Exercise goal
In the data below, find each line carrying the string "Entry" and copy it out.

BEGIN Recorded data

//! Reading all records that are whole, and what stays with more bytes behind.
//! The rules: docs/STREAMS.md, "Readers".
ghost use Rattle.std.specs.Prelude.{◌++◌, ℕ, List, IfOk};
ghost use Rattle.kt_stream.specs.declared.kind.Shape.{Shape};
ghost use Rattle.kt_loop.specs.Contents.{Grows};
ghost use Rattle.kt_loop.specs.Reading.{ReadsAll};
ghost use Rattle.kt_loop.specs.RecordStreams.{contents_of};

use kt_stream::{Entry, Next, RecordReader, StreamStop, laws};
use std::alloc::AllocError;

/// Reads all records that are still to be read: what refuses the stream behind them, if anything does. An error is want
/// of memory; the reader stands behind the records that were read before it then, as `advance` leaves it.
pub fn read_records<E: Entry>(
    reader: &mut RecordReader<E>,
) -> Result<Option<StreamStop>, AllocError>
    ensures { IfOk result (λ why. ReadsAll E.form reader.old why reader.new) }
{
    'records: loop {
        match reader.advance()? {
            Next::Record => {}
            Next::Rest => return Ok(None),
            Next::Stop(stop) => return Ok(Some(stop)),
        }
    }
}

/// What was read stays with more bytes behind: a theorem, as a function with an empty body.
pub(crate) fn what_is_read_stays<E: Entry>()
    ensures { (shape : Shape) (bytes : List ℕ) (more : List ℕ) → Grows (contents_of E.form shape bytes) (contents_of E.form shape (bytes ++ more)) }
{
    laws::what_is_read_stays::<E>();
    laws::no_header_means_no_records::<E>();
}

END Recorded data
BEGIN Recorded data

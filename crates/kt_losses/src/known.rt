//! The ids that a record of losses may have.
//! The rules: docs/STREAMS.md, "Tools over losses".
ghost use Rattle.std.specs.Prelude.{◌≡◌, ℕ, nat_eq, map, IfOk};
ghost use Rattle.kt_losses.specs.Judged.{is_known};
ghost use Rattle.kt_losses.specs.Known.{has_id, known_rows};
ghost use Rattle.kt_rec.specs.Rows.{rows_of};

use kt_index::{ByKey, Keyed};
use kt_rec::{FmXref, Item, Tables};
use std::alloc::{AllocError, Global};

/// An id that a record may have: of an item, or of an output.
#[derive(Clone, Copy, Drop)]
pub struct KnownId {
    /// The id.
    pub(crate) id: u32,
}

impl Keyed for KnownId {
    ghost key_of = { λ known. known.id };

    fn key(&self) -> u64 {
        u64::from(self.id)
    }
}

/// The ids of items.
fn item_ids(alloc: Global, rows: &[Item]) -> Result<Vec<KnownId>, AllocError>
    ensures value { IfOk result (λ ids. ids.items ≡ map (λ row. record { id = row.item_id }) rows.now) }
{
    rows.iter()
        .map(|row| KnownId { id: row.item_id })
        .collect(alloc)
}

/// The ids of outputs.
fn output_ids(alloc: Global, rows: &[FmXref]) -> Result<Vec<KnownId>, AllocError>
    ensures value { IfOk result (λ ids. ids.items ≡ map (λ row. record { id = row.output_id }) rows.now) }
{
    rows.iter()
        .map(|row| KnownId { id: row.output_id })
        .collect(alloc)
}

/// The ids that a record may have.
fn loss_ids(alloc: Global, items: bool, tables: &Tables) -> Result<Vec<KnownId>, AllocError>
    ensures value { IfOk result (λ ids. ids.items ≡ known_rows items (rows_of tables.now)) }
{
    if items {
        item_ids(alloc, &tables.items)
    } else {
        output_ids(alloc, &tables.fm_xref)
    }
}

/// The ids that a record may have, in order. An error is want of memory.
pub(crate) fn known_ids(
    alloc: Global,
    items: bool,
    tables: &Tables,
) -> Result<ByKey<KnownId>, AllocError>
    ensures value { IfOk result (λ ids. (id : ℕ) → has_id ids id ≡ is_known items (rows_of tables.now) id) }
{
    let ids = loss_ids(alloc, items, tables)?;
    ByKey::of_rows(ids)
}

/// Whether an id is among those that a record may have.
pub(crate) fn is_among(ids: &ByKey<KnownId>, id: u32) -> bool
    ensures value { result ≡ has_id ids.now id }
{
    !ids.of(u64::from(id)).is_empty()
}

END Recorded data

Task answer
use kt_stream::{Entry, Next, RecordReader, StreamStop, laws};
pub fn read_records<E: Entry>(
pub(crate) fn what_is_read_stays<E: Entry>()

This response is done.